# Predicting precipitation

The reaction quotient ($\displaystyle Q$) can be used in the context of solubility. It is calculated in exactly the same way as
$\displaystyle K_{\text{sp}}$,
except the solution is not necessarily saturated. We call this value the *trial ion product*, and we compare it with
$\displaystyle K_{\text{sp}}$
to predict precipitation:

- $\displaystyle Q = K_{\text{sp}} \Rightarrow$ saturated: no more solute can be dissolved
- $\displaystyle Q < K_{\text{sp}} \Rightarrow$ unsaturated: more solute can still be dissolved
- $\displaystyle Q > K_{\text{sp}} \Rightarrow$ supersaturated: extra solute will precipitate

## Example

If 25.0 mL of 0.010 mol/L silver nitrate is mixed with 25.0 mL of 0.0050 mol/L potassium chloride, will a precipitate form? The solubility product constant for silver chloride is 1.8 × 10^{−10}.

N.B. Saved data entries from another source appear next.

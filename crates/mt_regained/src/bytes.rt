//! The bytes of keys, which contracts see as numbers.

ghost use Rattle.std.specs.Prelude.{◌≡◌, ℕ, nat_lt, true};
ghost use Rattle.std.specs.List.{list_all};
ghost use Rattle.mt_regained.specs.Laws.{is_of_bytes};

use mt_durable::Entry;

/// Each byte of a key is below 256. It goes over the keys once, and does nothing.
pub(crate) fn keys_are_of_bytes(entries: &[Entry])
    ensures { list_all is_of_bytes entries.now ≡ true }
{
    for entry in entries {
        are_below_256(entry.key.as_slice());
    }
}

fn are_below_256(bytes: &[u8])
    ensures { list_all (λ (byte : ℕ). nat_lt byte 256) bytes.now ≡ true }
{
    for byte in bytes {
        let _value = *byte;
    }
}
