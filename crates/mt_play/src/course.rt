//! What becomes of a line: it is carried out, or the disk stops in it.

ghost use Rattle.std.specs.Prelude.{◌≡◌};
ghost use Rattle.std.specs.Option.{option_map};
ghost use Rattle.mt_whole.specs.mt_runs.Course.{course_of_line, course_of_stop, is_kept};
ghost use Rattle.mt_play.specs.Courses.{IsTold, course_in, stop_in};

use mt_outside::Fate;

/// A stop of the disk that is to come.
#[derive(Clone, Copy, Debug, PartialEq, Eq)]
pub struct ComingStop {
    /// In which of the later calls that write or sync, from 1; 0 at its own line.
    pub calls: u64,
    pub fate: Fate,
    /// The number of calls that its line has.
    pub asked: u64,
}

/// What becomes of a line.
#[derive(Clone, Copy, Debug, PartialEq, Eq)]
pub enum Course {
    /// It is carried out, and this stop is to come behind it.
    Goes(Option<ComingStop>),
    /// The disk stops in it, and the node is reopened.
    Stops {
        by: ComingStop,
        /// Whether what the line changes is there behind the reopening.
        survives: bool,
    },
}

/// What becomes of a line that stops the disk: 0 stops it at once, any other number takes the place of the stop that was to come.
pub(crate) fn course_of_stop(calls: u64, fate: Fate) -> Course
    ensures course { course_in result ≡ course_of_stop calls fate }
    ensures told { IsTold result }
{
    let by = ComingStop {
        calls,
        fate,
        asked: calls,
    };
    if calls == 0 {
        return Course::Stops {
            by,
            survives: false,
        };
    }
    Course::Goes(Some(by))
}

/// What becomes of any other line: one that changes nothing that lasts makes no call of the disk, any other makes four.
pub(crate) fn course_of_line(changes: bool, stop: Option<ComingStop>) -> Course
    ensures course { course_in result ≡ course_of_line changes (option_map stop_in stop) }
    ensures told { IsTold result }
{
    let Some(by) = stop else {
        return Course::Goes(None);
    };
    if !changes {
        return Course::Goes(stop);
    }
    if by.calls <= 4 {
        return Course::Stops {
            by,
            survives: by.calls >= 3 && is_kept(by.fate),
        };
    }
    Course::Goes(Some(ComingStop {
        calls: by.calls - 4,
        fate: by.fate,
        asked: by.asked,
    }))
}

fn is_kept(fate: Fate) -> bool
    ensures { result ≡ is_kept fate }
{
    fate == Fate::Kept
}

First, write the balanced double displacement reaction, consulting the solubility guidelines to figure out which products are aqueous:

AgNO_{3(aq)} + KCl_{(aq)} ⇌ KNO_{3(aq)} +
AgCl_{(s)}.

We can calculate the concentrations of the silver ion and chloride ion using
$\displaystyle V_{1} c_{1} = V_{2} c_{2}$.
The concentration of silver ions is equivalent to the concentration of AgNO_{3(aq)} once it is diluted to 50.0 mL, which we calculate to be 0.0050 mol/L. Using the same method, the concentration of chloride ions is 0.0025 mol/L.

Now we can write the solubility equilibrium equation:

AgCl_{(s)} ⇌ Ag^{+}_{(aq)} +
Cl^{−}_{(aq)}.

And calculate the trial ion product:

$\displaystyle Q = \left [ \text{Ag}^{+} \right ] \! \left [ \text{Cl}^{-} \right ] = \left ( 0.0050 \, \text{mol/L} \right ) \left ( 0.0025 \, \text{mol/L} \right ) = 1.3 \times 10^{- 5}$.

Since
$\displaystyle Q > K_{\text{sp}}$,
the answer is yes—a precipitate *will* form.